Gaming worlds and virtual characters are about to take a significant step closer to realism.
PlayStation 3 will "open up creative horizons" for games developers and allow movie-quality special effects, according to Phil Harrison, executive vice-president of Sony Computer Entertainment.
Mr Harrison, who oversees all Sony game development around the world, says PlayStation 3 delivers a "creative convergence" for the games industry and Hollywood.
"PlayStation 3 makes a bigger horizon for existing developers and allows non-gaming content creators, like movie special effects companies, movie directors or special effects visualisers to express themselves," he says.
At the recent Electronic Entertainment Expo, Sony imported CG data of actor Alfred Molina from Spider-Man 2 onto PlayStation 3. The astonishingly realistic animated character illustrated the console's power and potential.
Sony has sold more than 90 million PlayStation 2 consoles and dominated the game industry for a decade. But the company's plans are more ambitious.
"Our vision is a PlayStation under every television," Mr Harrison says. "That hasn't changed. What we've done is put a super-computer beneath everyone's television."

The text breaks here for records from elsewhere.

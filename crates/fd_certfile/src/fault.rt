// Why a certificate is refused.
use fd_settle::Rule;
use std::alloc::{AllocError, AllocFailed};

/// Why a reader gives no block.
#[derive(Debug, Drop)]
pub enum CertFileFault {
    /// The rule that is broken, at a line counted from 1.
    Refused { line: u64, rule: Rule },
    /// Memory was refused.
    NoMemory,
}

impl From<AllocError> for CertFileFault {
    ghost use Rattle.std.specs.Prelude.{◌≡◌};
    ghost use Rattle.fd_certfile.specs.declared.fault.CertFileFault.TheVariants.{NoMemory};

    ghost from_gives = { λ _ e. e ≡ NoMemory };

    fn from(_error: AllocError) -> CertFileFault {
        CertFileFault::NoMemory
    }
}

impl<T: Drop> From<AllocFailed<T>> for CertFileFault {
    ghost use Rattle.std.specs.Prelude.{◌≡◌};
    ghost use Rattle.fd_certfile.specs.declared.fault.CertFileFault.TheVariants.{NoMemory};

    ghost from_gives = { λ _ e. e ≡ NoMemory };

    fn from(_error: AllocFailed<T>) -> CertFileFault {
        CertFileFault::NoMemory
    }
}

/// Why no block was read.
#[derive(Debug, Drop)]
pub(crate) enum Stop {
    NoMemory,
    /// The grammar refuses the line behind so many, or misses one there.
    Refused { behind: u128 },
}

impl From<AllocError> for Stop {
    ghost use Rattle.std.specs.Prelude.{◌≡◌};
    ghost use Rattle.fd_certfile.specs.declared.fault.Stop.TheVariants.{NoMemory};

    ghost from_gives = { λ _ e. e ≡ NoMemory };

    fn from(_error: AllocError) -> Stop {
        Stop::NoMemory
    }
}

impl<T: Drop> From<AllocFailed<T>> for Stop {
    ghost use Rattle.std.specs.Prelude.{◌≡◌};
    ghost use Rattle.fd_certfile.specs.declared.fault.Stop.TheVariants.{NoMemory};

    ghost from_gives = { λ _ e. e ≡ NoMemory };

    fn from(_error: AllocFailed<T>) -> Stop {
        Stop::NoMemory
    }
}
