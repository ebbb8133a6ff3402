use std::alloc::Global;
use std::test::Fail;
use su_base::{List, NoMemory};
use su_lex::{LexEnd, Sign, Span, Token, TokenKind, cut, push_spaced, symbols, tokens};

/// The statements of a file, joined by a line feed.
fn statements(alloc: Global, file: &[u8]) -> Result<Vec<u8>, NoMemory> {
    let mut all = Vec::new(alloc);
    for span in cut(alloc, file)?.as_slice() {
        if span.start <= span.end && span.end <= file.len() {
            all.extend_from_slice(&file[span.start..span.end])?;
        }
        all.extend_from_slice(b"\n")?;
    }
    Ok(all)
}

#[test]
fn a_file_is_cut_at_each_semicolon_outside_texts_and_comments(rt: HostRuntime) -> Result<(), Fail> {
    let cases: [(&[u8], &[u8]); 14] = [
        (b"a; b", b"a\n b\n"),
        (b"a;b;", b"a\nb\n"),
        (b"", b""),
        (b";; \t\r\n;-- only this", b""),
        (b"a 'x;y' b;c", b"a 'x;y' b\nc\n"),
        (b"'it''s; so';b", b"'it''s; so'\nb\n"),
        (
            b"a -- no; cut 'here\n b; c",
            b"a -- no; cut 'here\n b\n c\n",
        ),
        (b"a; -- the end; of it", b"a\n"),
        (b"a; 'open; to the end", b"a\n 'open; to the end\n"),
        (b"a - b; -", b"a - b\n -\n"),
        (b"\xef\xbb\xbfa;b", b"a\nb\n"),
        (b"\xef\xbb\xbf\xef\xbb\xbfa", b"\xef\xbb\xbfa\n"),
        (b"\xef\xbba", b"\xef\xbba\n"),
        (b"a\x00;'-- '' ;';b", b"a\x00\n'-- '' ;'\nb\n"),
    ];
    for (file, want) in cases {
        assert_eq!(rt; statements(rt.alloc(), file)?.as_slice(), want);
    }
    Ok(())
}

fn spelled(sign: Sign) -> &'static [u8] {
    match sign {
        Sign::Open => b"(",
        Sign::Close => b")",
        Sign::Comma => b",",
        Sign::Dot => b".",
        Sign::Arrow => b"->",
        Sign::Equal => b"=",
        Sign::NotEqual => b"!=",
        Sign::Less => b"<",
        Sign::LessEqual => b"<=",
        Sign::Greater => b">",
        Sign::GreaterEqual => b">=",
    }
}

/// Each token behind a letter for its kind, and a space behind it.
fn shown(alloc: Global, text: &[u8], tokens: &List<Token>) -> Result<Vec<u8>, NoMemory> {
    let mut all = Vec::new(alloc);
    for token in tokens.as_slice() {
        let Span { start, end } = token.span;
        match &token.kind {
            TokenKind::Word => {
                all.extend_from_slice(b"w")?;
                if start <= end && end <= text.len() {
                    all.extend_from_slice(&text[start..end])?;
                }
            }
            TokenKind::Int(n) => {
                all.extend_from_slice(b"i")?;
                all.extend_from_slice(n.to_string(alloc)?.as_bytes())?;
            }
            TokenKind::Text(content) => {
                all.extend_from_slice(b"t")?;
                all.extend_from_slice(content.as_str().as_bytes())?;
            }
            TokenKind::Sign(sign) => {
                all.extend_from_slice(b"s")?;
                all.extend_from_slice(spelled(*sign))?;
            }
        }
        all.extend_from_slice(b" ")?;
    }
    Ok(all)
}

fn lexed(alloc: Global, text: &[u8]) -> Result<Vec<u8>, NoMemory> {
    match tokens(alloc, text) {
        Ok(tokens) => shown(alloc, text, &tokens),
        Err(LexEnd::Syntax) => {
            let mut refused = Vec::new(alloc);
            refused.extend_from_slice(b"syntax")?;
            Ok(refused)
        }
        Err(LexEnd::NoMemory) => Err(NoMemory),
    }
}

#[test]
fn the_longest_token_is_taken_from_the_left(rt: HostRuntime) -> Result<(), Fail> {
    let cases: [(&[u8], &[u8]); 28] = [
        (b"", b""),
        (b" \t\r\n-- a comment", b""),
        (b"a1_b _", b"wa1_b w_ "),
        (b"a-- 'x\n.b", b"wa s. wb "),
        (b"0 -0 007 5", b"i0 i0 i7 i5 "),
        (b"9223372036854775807", b"i9223372036854775807 "),
        (b"-9223372036854775808", b"i-9223372036854775808 "),
        (b"9223372036854775808", b"syntax"),
        (b"-9223372036854775809", b"syntax"),
        (b"5-3", b"i5 i-3 "),
        (b"5--3", b"i5 "),
        (b"- 5", b"syntax"),
        (b"5and", b"syntax"),
        (b"5_", b"syntax"),
        (b"''", b"t "),
        (b"'it''s'", b"tit's "),
        (b"'a''''b'", b"ta''b "),
        (b"A'x'5", b"wA tx i5 "),
        (b"'-- ; \n'", b"t-- ; \n "),
        (b"'open", b"syntax"),
        (b"'open''", b"syntax"),
        (b"'\xc3\xa9'", b"t\xc3\xa9 "),
        (b"'\xc3'", b"syntax"),
        (b"'a\x00'", b"ta\x00 "),
        (b"\xc3\xa9", b"syntax"),
        (b"a\x00", b"syntax"),
        (b"a ; b", b"syntax"),
        (
            b"(),.->= != < <= > >=<==",
            b"s( s) s, s. s-> s= s!= s< s<= s> s>= s<= s= ",
        ),
    ];
    for (text, want) in cases {
        assert_eq!(rt; lexed(rt.alloc(), text)?.as_slice(), want);
    }
    Ok(())
}

/// So many letters between two pieces.
fn letters(alloc: Global, before: &[u8], count: usize, behind: &[u8]) -> Result<Vec<u8>, NoMemory> {
    let mut all = Vec::new(alloc);
    all.extend_from_slice(before)?;
    for _ in 0..count {
        all.extend_from_slice(b"a")?;
    }
    all.extend_from_slice(behind)?;
    Ok(all)
}

#[test]
fn words_have_64_bytes_and_texts_4096_at_most(rt: HostRuntime) -> Result<(), Fail> {
    let cases: [(&[u8], usize, &[u8], bool); 6] = [
        (b" ", 64, b" ", true),
        (b" ", 65, b" ", false),
        (b"'", 4096, b"'", true),
        (b"'", 4097, b"'", false),
        (b"'''", 4095, b"'", true),
        (b"'''", 4096, b"'", false),
    ];
    for (before, count, behind, is_token) in cases {
        let text = letters(rt.alloc(), before, count, behind)?;
        assert_eq!(rt;
            tokens(rt.alloc(), text.as_slice()).is_ok(),
            is_token,
            "{count}"
        );
    }
    Ok(())
}

#[test]
fn spans_are_the_tokens_own_bytes(rt: HostRuntime) -> Result<(), Fail> {
    let found = tokens(rt.alloc(), b" ab <='c''d' -12")?;
    let want = [(1, 3), (4, 6), (6, 12), (13, 16)];
    assert_eq!(rt; found.len(), 4);
    for (token, (start, end)) in found.as_slice().iter().zip(want) {
        assert_eq!(rt; token.span, Span { start, end });
    }
    Ok(())
}

#[test]
fn symbols_are_written_with_one_space_between_two(rt: HostRuntime) -> Result<(), Fail> {
    let alloc = rt.alloc();
    let text = b"retrieve( t.A,B )where -- all\n t . A<='it''s' and(B=-007)";
    let mut out = Vec::new(alloc);
    push_spaced(alloc, &mut out, symbols(alloc, text)?.as_slice())?;
    let want = b"retrieve (t.A, B) where t.A <= 'it''s' and (B = -7)";
    assert_eq!(rt; out.as_slice(), want.as_slice());
    Ok(())
}
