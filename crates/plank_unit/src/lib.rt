//! The marks of a program as two units force them at each location: one by where calls begin and by their own
//! steps, the other by steps of other calls. What all units force, all methods force.
#![tactic(auto)]

mod laws;
mod units;

pub use laws::units_law;
pub use units::{Unit, unit_at, unit_count};
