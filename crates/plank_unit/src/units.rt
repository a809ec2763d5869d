ghost use Rattle.std.specs.Prelude.{◌≡◌, ℕ, ◌+◌, ◌*◌, ◌<◌, cond, length, slice_get};
ghost use Rattle.std.specs.Option.{option_map_or};
ghost use Rattle.plank_prog.specs.Methods.{location_count};
ghost use Rattle.plank_fact.specs.Outlines.{location_number};
ghost use Rattle.plank_unit.specs.Units.{unit_count};

use plank_marks::{At, location_count, locations_before};
use plank_prog::Program;

/// A unit of a program: what it forces are marks of one location.
#[derive(Clone, Copy, PartialEq, Eq, Debug)]
pub struct Unit {
    pub at: At,
    /// By steps of other calls, and not by where calls begin and by their own.
    pub others: bool,
}

/// How many units a program has: two for each location.
pub fn unit_count(program: &Program) -> u32
    ensures { result ≡ unit_count program.now.methods }
{
    2 * locations_before(program, program.methods.len() as u32)
}

// The location of a number among those of all methods.
fn location_at(program: &Program, number: u32) -> At
    requires { 2 * number < unit_count program.now.methods }
    ensures method { result.method < length program.now.methods }
    ensures location { result.location < option_map_or location_count
        (slice_get program.now.methods result.method) 0 }
    ensures number { location_number program.now.methods result.method result.location ≡ number }
{
    let mut method = 0;
    let mut before = 0;
    loop {
        let count = location_count(program, method);
        if number - before < count {
            return At {
                method,
                location: number - before,
            };
        }
        before += count;
        method += 1;
    }
}

/// The unit of a number: those of a location follow one another, first the one by own steps.
pub fn unit_at(program: &Program, unit: u32) -> Unit
    requires { unit < unit_count program.now.methods }
    ensures method { result.at.method < length program.now.methods }
    ensures location { result.at.location < option_map_or location_count
        (slice_get program.now.methods result.at.method) 0 }
    ensures number { 2 * location_number program.now.methods result.at.method result.at.location
        + cond result.others 1 0 ≡ unit }
{
    Unit {
        at: location_at(program, unit / 2),
        others: unit % 2 == 1,
    }
}
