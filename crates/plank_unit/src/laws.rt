ghost use Rattle.std.specs.Prelude.{◌≡◌, ℕ, Bool, List};
ghost use Rattle.plank_bits.specs.Forced.{IsLeast, IsMonotone};
ghost use Rattle.plank_board.specs.Stills.{IsClosing, AreStill};
ghost use Rattle.plank_prog.specs.declared.headers.Header.{Header};
ghost use Rattle.plank_prog.specs.declared.methods.Method.{Method};
ghost use Rattle.plank_fact.specs.Forced.{outline, AreLeastMarks, IsValid};
ghost use Rattle.plank_unit.specs.Units.{unit_count, UnitForces, UnitIsStill};

/// Laws of units: more marks force more, and what is still forces none; the least marks of the units are those
/// of the methods; and where every unit is still, each claim is justified. It does nothing.
pub fn units_law()
    ensures monotone { (h : Header) (methods : List Method) (n : ℕ) → IsMonotone (UnitForces h methods) n }
    ensures closing { (h : Header) (methods : List Method) (n : ℕ) →
        IsClosing (UnitForces h methods) (UnitIsStill h methods) n }
    ensures least { (h : Header) (methods : List Method) (marks : ℕ → Bool) →
        IsLeast (UnitForces h methods) (unit_count methods) marks → AreLeastMarks h methods marks }
    ensures valid { (h : Header) (methods : List Method) (marks : ℕ → Bool) →
        AreStill (UnitIsStill h methods) (unit_count methods) marks → IsValid (outline h methods marks) }
{}
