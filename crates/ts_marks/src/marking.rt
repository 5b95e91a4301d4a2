//! Marking a tree: a tree and an edit go in, and the tree as the edit leaves it comes out.
ghost use Rattle.std.specs.Prelude.{◌≡◌, ◌+◌, ◌<◌, ◌≤◌, true, false, All, IfOk, OnOk, length};
ghost use Rattle.spec_trees.specs.Trees.{children_of, elements_of, is_settled, node_extent, span_of, all_spans};
ghost use Rattle.spec_trees.specs.Made.{bytes_before, loosened, most_span, replaced, stretch_in};
ghost use Rattle.spec_reuse.specs.Changes.{is_met, moved, IsEditOver};
ghost use Rattle.spec_reuse.specs.Marked.{marked, marked_below, all_marked, marked_elements};
ghost use Rattle.ts_marks.specs.Passing.{EndsBy, Adds, AddsChildren, Loosens, StayTo, left_of, spans_between};

use crate::passed::Passed;
use crate::spans::{lead, span};
use spec_trees::Element;
use std::alloc::{AllocError, Global};
use ts_node::{Node, remade_is_node, remake};
use ts_text::Edit;

/// The tree of a text after an edit: the root and all nodes and elements that a part of the edit
/// met are not settled, sizes follow the edit, and all nodes that it did not reach are shared.
///
/// A settled node that no part meets costs one look, whatever is in it. So do settled elements of a
/// repetition one after another, where each part meets a few of them: the next that it may meet is
/// found in time by the logarithm of their number. For each child and each element that changes a
/// leaf of the repetition is copied, and the other leaves are shared.
///
/// # Errors
///
/// `AllocError` where memory runs out.
pub fn mark(alloc: Global, tree: &Node, edit: &Edit) -> Result<Node, AllocError>
    requires { IsEditOver (span_of tree.now) edit.now }
    ensures { IfOk result (λ new. new ≡ marked edit.now tree.now) }
{
    remade_is_node();
    let whole = span(tree);
    let start = Passed::start(edit);
    let own = start.moved(tree.pad());
    let end = start.moved(whole);
    let first = lead(tree);
    let reached = reached_in(alloc, tree, first, start)?;
    remake(
        alloc,
        tree,
        own,
        end - own,
        reached.changed.as_slice(),
        reached.loose.as_slice(),
    )
}

/// What an edit reached in a node: the children by their numbers, as they become, and the numbers
/// of the elements that were settled.
#[derive(Drop)]
struct Reached {
    changed: Vec<(u32, Node)>,
    loose: Vec<u32>,
}

/// What the edit reached in a node.
#[cycle(walk)]
fn reached_in<'e>(
    alloc: Global,
    node: &Node,
    place: u32,
    passed: Passed<'e>,
) -> Result<Reached, AllocError>
    requires from { passed.from ≤ place }
    requires short { place + all_spans (children_of node.now) ≤ most_span }
    requires moved { moved passed.edit.now (place + all_spans (children_of node.now)) ≤ most_span }
    ensures changes { IfOk result (λ r. replaced r.changed.items (children_of node.now)
        ≡ all_marked passed.entry.edit.now (children_of node.now) place) }
    ensures within { IfOk result (λ r.
        All (λ change. change.0 < length (children_of node.now)) r.changed.items) }
    ensures loose { IfOk result (λ r. loosened r.loose.items (elements_of node.now)
        ≡ marked_elements passed.entry.edit.now (elements_of node.now) (children_of node.now)
        place) }
    ensures known { IfOk result (λ r.
        All (λ k. k < length (elements_of node.now)) r.loose.items) }
{
    if node.elements() == 0 {
        reached_one_by_one(alloc, node, place, passed)
    } else {
        reached_in_elements(alloc, node, place, passed)
    }
}

/// The same of a node without elements: each child is looked at.
#[cycle(walk)]
fn reached_one_by_one<'e>(
    alloc: Global,
    node: &Node,
    place: u32,
    passed: Passed<'e>,
) -> Result<Reached, AllocError>
    requires none { length (elements_of node.now) ≡ 0 }
    requires from { passed.from ≤ place }
    requires short { place + all_spans (children_of node.now) ≤ most_span }
    requires moved { moved passed.edit.now (place + all_spans (children_of node.now)) ≤ most_span }
    ensures changes { IfOk result (λ r. replaced r.changed.items (children_of node.now)
        ≡ all_marked passed.entry.edit.now (children_of node.now) place) }
    ensures within { IfOk result (λ r.
        All (λ change. change.0 < length (children_of node.now)) r.changed.items) }
    ensures loose { IfOk result (λ r. loosened r.loose.items (elements_of node.now)
        ≡ marked_elements passed.entry.edit.now (elements_of node.now) (children_of node.now)
        place) }
    ensures known { IfOk result (λ r.
        All (λ k. k < length (elements_of node.now)) r.loose.items) }
{
    let mut changed = Vec::new(alloc);
    let loose = Vec::new(alloc);
    let end = node.children();
    add_children(alloc, node, 0, end, place, passed, &mut changed)?;
    Ok(Reached { changed, loose })
}

/// The same of a repetition: elements that the edit did not reach are passed at once.
#[cycle(walk)]
fn reached_in_elements<'e>(
    alloc: Global,
    node: &Node,
    place: u32,
    passed: Passed<'e>,
) -> Result<Reached, AllocError>
    requires repetition { 0 < length (elements_of node.now) }
    requires from { passed.from ≤ place }
    requires short { place + all_spans (children_of node.now) ≤ most_span }
    requires moved { moved passed.edit.now (place + all_spans (children_of node.now)) ≤ most_span }
    ensures changes { IfOk result (λ r. replaced r.changed.items (children_of node.now)
        ≡ all_marked passed.entry.edit.now (children_of node.now) place) }
    ensures within { IfOk result (λ r.
        All (λ change. change.0 < length (children_of node.now)) r.changed.items) }
    ensures loose { IfOk result (λ r. loosened r.loose.items (elements_of node.now)
        ≡ marked_elements passed.entry.edit.now (elements_of node.now) (children_of node.now)
        place) }
    ensures known { IfOk result (λ r.
        All (λ k. k < length (elements_of node.now)) r.loose.items) }
{
    let mut changed = Vec::new(alloc);
    let mut loose = Vec::new(alloc);
    let mut passed = passed;
    let first = first_reached(node, 0, place, passed);
    let end = node.elements();
    let mut k = first;
    while k < end {
        let at = place + node.offset(k);
        passed = passed.up_to(at);
        add_loose(node.element(k), k, at, passed, &mut loose)?;
        let from = node.children_before(k);
        let to = node.children_before(k + 1);
        add_children(alloc, node, from, to, at, passed, &mut changed)?;
        k = first_reached(node, k + 1, place, passed);
    }
    Ok(Reached { changed, loose })
}

/// Adds to the changes those children from one number on, up to another, that the edit reached.
#[cycle(walk)]
fn add_children<'e>(
    alloc: Global,
    node: &Node,
    from: u32,
    to: u32,
    place: u32,
    passed: Passed<'e>,
    changed: &mut Vec<(u32, Node)>,
) -> Result<(), AllocError>
    requires order { from ≤ to }
    requires within { to ≤ length (children_of node.now) }
    requires passed { passed.from ≤ place }
    requires short { place + spans_between from to (children_of node.now) ≤ most_span }
    requires moved { moved passed.edit.now (place + spans_between from to (children_of node.now))
        ≤ most_span }
    ensures { OnOk result (AddsChildren passed.entry.edit.now (children_of node.now) from to place
        changed.old.items changed.new.items) }
{
    let mut passed = passed;
    let mut at = place;
    for k in from..to {
        let child = node.child(k);
        passed = passed.up_to(at);
        add_changed(alloc, child, k, at, passed, changed)?;
        at += span(child);
    }
    Ok(())
}

/// The number of the first element from the one at `k` on that the next part may meet, or that is
/// not settled. Those before it stay as they are, and are passed at once.
fn first_reached<'e>(node: &Node, k: u32, place: u32, passed: Passed<'e>) -> u32
    requires within { k ≤ length (elements_of node.now) }
    requires from { passed.from ≤ place + bytes_before k (stretch_in node.now) }
    ensures later { k ≤ result }
    ensures within { result ≤ length (elements_of node.now) }
    ensures stay { StayTo passed.entry.edit.now node.now place k result }
{
    let _ = node.nodes();
    let room = passed.next_start().saturating_sub(place);
    k + node.settled_within(k, room)
}

/// Adds the number of an element to those that the edit reached, where it did.
#[tactic(auto, using(crate::proofs::ElementLemmas::element_stays, crate::proofs::ElementLemmas::element_loosens))]
fn add_loose<'e>(
    element: Element,
    number: u32,
    place: u32,
    passed: Passed<'e>,
    loose: &mut Vec<u32>,
) -> Result<(), AllocError>
    requires from { passed.from ≤ place }
    requires behind { EndsBy (left_of passed) place → ⊥ }
    ensures { OnOk result (Loosens passed.entry.edit.now element number place
        loose.old.items loose.new.items) }
{
    if !is_loosened(element, place, passed) {
        return Ok(());
    }
    loose.push(number)?;
    Ok(())
}

/// Whether an element is not settled any more: it was, and a part meets what was examined for it.
fn is_loosened<'e>(element: Element, place: u32, passed: Passed<'e>) -> bool
    requires from { passed.from ≤ place }
    requires behind { EndsBy (left_of passed) place → ⊥ }
    ensures met { result ≡ true
        → is_met passed.entry.edit.now.parts place element.extent ≡ true }
    ensures stays { result ≡ false → element.settled ≡ true
        → is_met passed.entry.edit.now.parts place element.extent ≡ false }
{
    element.settled && passed.meets(place, element.extent)
}

/// Adds a child to those that the edit reached, where it did.
#[cycle(walk)]
fn add_changed<'e>(
    alloc: Global,
    child: &Node,
    number: u32,
    place: u32,
    passed: Passed<'e>,
    changed: &mut Vec<(u32, Node)>,
) -> Result<(), AllocError>
    requires from { passed.from ≤ place }
    requires behind { EndsBy (left_of passed) place → ⊥ }
    requires short { place + span_of child.now ≤ most_span }
    requires moved { moved passed.edit.now (place + span_of child.now) ≤ most_span }
    ensures { OnOk result (Adds passed.entry.edit.now child.now number place
        changed.old.items changed.new.items) }
{
    if !is_reached(child, place, passed) {
        let _ = child.nodes();
        return Ok(());
    }
    let new = remade(alloc, child, place, passed)?;
    changed.push((number, new))?;
    Ok(())
}

/// Whether a node is made anew: it is not settled, or a part meets what was examined for it.
fn is_reached<'e>(node: &Node, place: u32, passed: Passed<'e>) -> bool
    requires from { passed.from ≤ place }
    requires behind { EndsBy (left_of passed) place → ⊥ }
    ensures anew { result ≡ true → is_settled node.now ≡ true
        → is_met passed.entry.edit.now.parts place (node_extent node.now) ≡ true }
    ensures settled { result ≡ false → is_settled node.now ≡ true }
    ensures unmet { result ≡ false
        → is_met passed.entry.edit.now.parts place (node_extent node.now) ≡ false }
{
    !node.settled() || passed.meets(place, node.extent())
}

/// A node below the root that the edit reached, as it becomes.
#[cycle(walk)]
fn remade<'e>(
    alloc: Global,
    node: &Node,
    place: u32,
    passed: Passed<'e>,
) -> Result<Node, AllocError>
    requires from { passed.from ≤ place }
    requires short { place + span_of node.now ≤ most_span }
    requires moved { moved passed.edit.now (place + span_of node.now) ≤ most_span }
    requires reached { is_settled node.now ≡ true
        → is_met passed.edit.now.parts place (node_extent node.now) ≡ true }
    ensures { IfOk result (λ new. new ≡ marked_below passed.entry.edit.now node.now place) }
{
    remade_is_node();
    let whole = span(node);
    let start = passed.moved(place);
    let own = passed.moved(place + node.pad());
    let end = passed.moved(place + whole);
    let reached = reached_in(alloc, node, place, passed)?;
    remake(
        alloc,
        node,
        own - start,
        end - own,
        reached.changed.as_slice(),
        reached.loose.as_slice(),
    )
}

Mr Harrison is confident PS3 will offer a range of games. "You need great software to express the capability of the hardware," he says.
"We're a research and development-led company, both technically, creatively and business-wise. We want to push ourselves. And we should be confident, the industry has responded so well and they are going to support us."
Mr Harrison says PS3 will be the most powerful next-generation console.
"PlayStation 3 is going to eat up huge amounts of content. We need 50GB of storage on a disc in order to really bring those games to life. There's no way Xbox 360 can compete because they're only using DVD."